«He pensado en ese poema que escribió aquel tipo. Significa que eres oro cuando eres niño como la hierba. Cuando eres niño todo es nuevo como el amanecer. Lo mismo ocurre con la puesta de sol es oro, haz que siga así, es como debe ser».
Siempre que me asalta la belleza de un amanecer o de un atardecer dorado, siempre que me tropiezo con el desencanto, me vienen a la mente estas palabras de Jonny a Poniboy en la película ‘Rebeldes’, de Francis Ford Coppola. La vida debería ser oro, pero no lo es. Ni aunque lo parezca. Lo escribió Robert Frost, «el oro no permanece», y lo resumía muy bien un amigo recientemente con tres simples palabras, «todo es mentira».
Lo decía con la certeza y la convicción de quien ha descubierto, quizás demasiado pronto, algo realmente valioso. Y es que, con todo, tener claras cómo son las cosas en este torbellino de sobreinformación, no deja de ser un valor.
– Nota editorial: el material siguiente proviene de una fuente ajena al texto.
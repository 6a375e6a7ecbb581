// The test that an instance's variables are those of the declarations.

ghost use Rattle.std.specs.Prelude.{◌≡◌, IfSome, MatchOption, None, Some, is_none, map, slice_get, true};
ghost use Rattle.mz_core.specs.Order.{no_dims, same_base};
ghost use Rattle.mz_core.specs.Program.{plain_program};
ghost use Rattle.mz_core.specs.TreeViews.{decl};
ghost use Rattle.mz_core.specs.Types.{plain_type};
ghost use Rattle.mz_arena.specs.Instances.{model_var};
ghost use Rattle.mz_instance.specs.Parts.{base_of};
ghost use Rattle.mz_meaning.specs.Walk.{ordered};
ghost use Rattle.mz_model_meaning.specs.Modeled.{AreVarsOf, IsVarOf};
ghost use Rattle.mz_model.specs.Matching.{IsNextOf, AreNextAt};

use mz_arena::ModelVar;
use mz_core::{Base, CoreDecl, Program, TypeInst};
use mz_value::ShapeBase;

fn shape_base(s: ShapeBase) -> Base
    ensures { result ≡ base_of s }
{
    match s {
        ShapeBase::Bool => Base::Bool,
        ShapeBase::Int => Base::Int,
        ShapeBase::Enum(e) => Base::Enum(e),
        ShapeBase::SetInt => Base::SetInt,
        ShapeBase::SetEnum(e) => Base::SetEnum(e),
    }
}

fn same_base(a: Base, b: Base) -> bool
    ensures { result ≡ same_base a b }
{
    a == b
}

fn same_truth(a: bool, b: bool) -> bool
    ensures { result ≡ true → a ≡ b }
{
    match a {
        true => b,
        false => !b,
    }
}

#[tactic(auto, unfolding(mz_core::specs::Types::plain_type), using(mz_core::proofs::Tests::same_base_is))]
fn has_base(t: &TypeInst, m: &ModelVar) -> bool
    ensures { result ≡ true → base_of m.now.base ≡ (plain_type t.now).base }
{
    same_base(shape_base(m.base), t.base)
}

#[tactic(auto, unfolding(mz_core::specs::Types::plain_type))]
fn has_option(t: &TypeInst, m: &ModelVar) -> bool
    ensures { result ≡ true → m.now.opt ≡ (plain_type t.now).opt }
{
    same_truth(m.opt, t.opt)
}

#[tactic(auto, unfolding(mz_core::specs::Types::plain_type))]
fn is_scalar(t: &TypeInst) -> bool
    ensures { result ≡ no_dims (plain_type t.now).dims }
{
    t.dims.is_empty()
}

fn has_one(m: &ModelVar) -> bool
    ensures { result ≡ is_none (model_var m.now).index }
{
    match &m.index {
        None => true,
        Some(_) => false,
    }
}

fn has_index(t: &TypeInst, m: &ModelVar) -> bool
    ensures { result ≡ true → is_none (model_var m.now).index ≡ no_dims (plain_type t.now).dims }
{
    same_truth(has_one(m), is_scalar(t))
}

/// Whether a variable is that of a declaration.
fn is_var_of(d: &CoreDecl, m: &ModelVar) -> bool
    ensures { result ≡ true → IsVarOf (decl d.now) (model_var m.now) }
{
    if m.name != d.name {
        return false;
    }
    let t = &d.ty.ty;
    if !has_base(t, m) {
        return false;
    }
    if !has_option(t, m) {
        return false;
    }
    has_index(t, m)
}

#[tactic(auto, unfolding(mz_core::specs::Types::plain_type))]
fn is_var(t: &TypeInst) -> bool
    ensures { result ≡ (plain_type t.now).var }
{
    t.var
}

fn is_var_name(d: &CoreDecl) -> bool
    ensures { result ≡ (decl d.now).ty.ty.var }
{
    is_var(&d.ty.ty)
}

fn var_at(vars: &[ModelVar], at: usize) -> Option<&ModelVar>
    ensures { MatchOption result (Unit {0}) (λ m. slice_get vars.now at ≡ Some m.now) }
{
    vars.get(at)
}

/// The place after the variable of a declaration that is var.
#[tactic(auto, using(crate::proofs::Vars::var_next))]
fn after_var(d: &CoreDecl, vars: &[ModelVar], at: usize) -> Option<usize>
    requires { (decl d.now).ty.ty.var ≡ true }
    ensures { IfSome result (IsNextOf (decl d.now) (map model_var vars.now) at) }
{
    match var_at(vars, at) {
        None => None,
        Some(m) => {
            if is_var_of(d, m) {
                at.checked_add(1)
            } else {
                None
            }
        }
    }
}

/// The place after the variable of a declaration, which has this place; the same place where it is
/// par. None where the variable isn't the declaration's.
#[tactic(auto, using(crate::proofs::Vars::par_next))]
fn after_decl(d: &CoreDecl, vars: &[ModelVar], at: usize) -> Option<usize>
    ensures { IfSome result (IsNextOf (decl d.now) (map model_var vars.now) at) }
{
    if is_var_name(d) {
        after_var(d, vars, at)
    } else {
        Some(at)
    }
}

fn decl_in(decls: &[CoreDecl], k: u64) -> Option<&CoreDecl>
    ensures { MatchOption result (slice_get decls.now k ≡ None) (λ d. slice_get decls.now k ≡ Some d.now) }
{
    decls.get(k as usize)
}

/// The same of the declaration with this number, if there is one.
#[tactic(auto, using(crate::proofs::Vars::no_number, crate::proofs::Vars::this_number))]
fn after_number(decls: &[CoreDecl], k: u64, vars: &[ModelVar], at: usize) -> Option<usize>
    ensures { IfSome result (AreNextAt (map decl decls.now) (map model_var vars.now) k at) }
{
    match decl_in(decls, k) {
        None => Some(at),
        Some(d) => after_decl(d, vars, at),
    }
}

/// Whether variables are those of the declarations with these numbers.
#[tactic(auto, using(crate::proofs::Vars::vars_start, crate::proofs::Vars::vars_step, crate::proofs::Vars::vars_end))]
fn are_vars_in(decls: &[CoreDecl], all: &[u64], vars: &[ModelVar]) -> bool
    ensures { result ≡ true → AreVarsOf (ordered (map decl decls.now) all.now) (map model_var vars.now) }
{
    let mut at = 0;
    for k in all {
        match after_number(decls, *k, vars, at) {
            None => return false,
            Some(next) => at = next,
        }
    }
    at == vars.len()
}

/// Whether variables are those of the declarations, in the order of evaluation.
#[tactic(auto, unfolding(mz_core::specs::Program::plain_program))]
pub(crate) fn are_vars_of(program: &Program, vars: &[ModelVar]) -> bool
    ensures { result ≡ true → AreVarsOf (ordered (plain_program program.now).decls (plain_program program.now).order) (map model_var vars.now) }
{
    are_vars_in(&program.decls, &program.order, vars)
}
No se refería al hambre, la guerra, la injusticia o la desigualdad, no en su sentido grandilocuente y rotundo, sino a una violencia suave, a esas incongruencias, a menudo inadvertidas, que deslucen un amor, una amistad, un trabajo, un reto, una vida.
No sé cómo se sentía Frost, pero mi amigo lo decía con una rabia que, por contenida, casi no era rabia, desde un dolor sordo y una impotencia resignada, y me sentí identificada con él, y con todas las personas, que un día descubren que la vida no es de oro, aunque debería serlo, y que hay que transitar por ella cedazo en mano para sacar alguna pepita que nos permita recordar tiempos en los que todo es nuevo e ilusionante, en los que no todo es mentira, una pepita que nos vuelva niños, siquiera lo que dura un amanecer o un atardecer dorados.